I've heard that $A \times B$ cannot be a circle of radius $1$. However I think this is false as I know from $\sin^2 x+\cos^2 x=1$. So can we take the set $A=\{\sin \theta | \theta \in R \}$ and $B=\{\cos \theta | \theta \in R\}$ or does this not work?

Answer 1

Your construction gives $[-1,1] \times [-1,1]$ because the two sets you've written down are those two closed intervals (and the set product is every pair of things where the first is from the first interval and the second is from the second interval). However, there is a stupid way to do this ...

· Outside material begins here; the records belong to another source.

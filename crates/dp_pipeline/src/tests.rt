mod checks;
mod forms;
mod plans;
mod queries;
mod ranges;

use crate::{PipelineFault, QueryFault, read_pipeline};
use dp_count::NoMemory;
use std::alloc::Global;
use std::test::Fail;

/// The number with which a text is refused, 0 where it is accepted.
fn refusal(alloc: Global, text: &[u8]) -> Result<u8, NoMemory> {
    match read_pipeline(alloc, text) {
        Ok(_) => Ok(0),
        Err(PipelineFault::Refused(number)) => Ok(number),
        Err(PipelineFault::NoMemory) => Err(NoMemory),
    }
}

/// A pipeline of these columns, root and plans, each as JSON, without a header, at the distance 1 by 1/2.
fn pipeline(alloc: Global, columns: &str, root: &str, plans: &str) -> Result<String, NoMemory> {
    Ok(format!(in alloc;
        "{{\"version\":1,\"columns\":{columns},\"header\":false,\"ratio\":[1,2],
\"distance\":1,\"root\":{root},\"plans\":{plans}}}"
    )?)
}

/// The number with which a pipeline of one plan is refused.
fn plan_refusal(alloc: Global, plan: &str) -> Result<u8, NoMemory> {
    let plans = format!(in alloc; "{{\"p\":{plan}}}")?;
    let text = pipeline(alloc, "[\"sex\",\"age\"]", "[\"odometer\"]", plans.as_str())?;
    refusal(alloc, text.as_bytes())
}

/// A text so many times.
fn repeated(alloc: Global, text: &str, times: usize) -> Result<String, NoMemory> {
    let mut all = String::new(alloc);
    for _turn in 0..times {
        all.push_str(text)?;
    }
    Ok(all)
}

#[test]
fn faults_are_named(rt: HostRuntime) -> Result<(), Fail> {
    let alloc = rt.alloc();
    for (fault, name) in [
        (PipelineFault::Refused(6), "Refused"),
        (PipelineFault::NoMemory, "NoMemory"),
    ] {
        assert_eq!(rt; format!(in alloc; "{fault}")?.as_str(), name);
    }
    for (fault, name) in [
        (QueryFault::Malformed, "Malformed"),
        (QueryFault::NoMemory, "NoMemory"),
    ] {
        assert_eq!(rt; format!(in alloc; "{fault}")?.as_str(), name);
    }
    Ok(())
}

Let $A$ be a circle of radius $1$ and $B = \{0\}$. Then $A \times B$ is still a circle of radius $1$. It's elements are just written like "$(a,0)$" where $a$ is any point in a circle of radius $1$. But the second element is constant, so this is homeomorphic to $A$.

Answer 2

Suppose that $A \times B$ is a circle (i.e. a ring) of positive radius. Note that for any $a \in A$, the set $\{a\} \times B$ is bijective to $B$ via the map $(a,b) \mapsto b$. Now, if $a$ is the $x$-coordinate of the center point of our circle, then $\{a\} \times B$ has exactly two points and hence $B$ has exactly two points. On the other hand, if $a' \in A$ is a point where the tangent on our circle is parallel to the $y$-axis, then $\{ a' \} \times B$ only contains a single point and hence $B$ may only contain one element. Contradiction!

Answer 3

In your example $A$ and $B$ are both the set $[-1,1]$, so $A\times B$ is just a filled-in rectangle.

There's no way for a carteseian product to specify that you only want to pair elements that arise from the same $\theta$.

You can write $\{\langle x,y\rangle\mid \exists\theta: x=\cos\theta, y=\sin\theta \}$ for the unit circle, but that is not a cartesian product, because the conditions for $x$ and $y$ are not independent of each other.

Answer 4

Let $S^1 $ be the circle of radius 1. Suppose $S^1 = A \times B $. Then $(1,0) \in S_1$ and so $1 \in A$. Similarly $1 \in B$ and so $(1,1) \in A \times B$. But $\|(1,1)\| = \sqrt{2}$ hence $S^1 \neq A \times B$.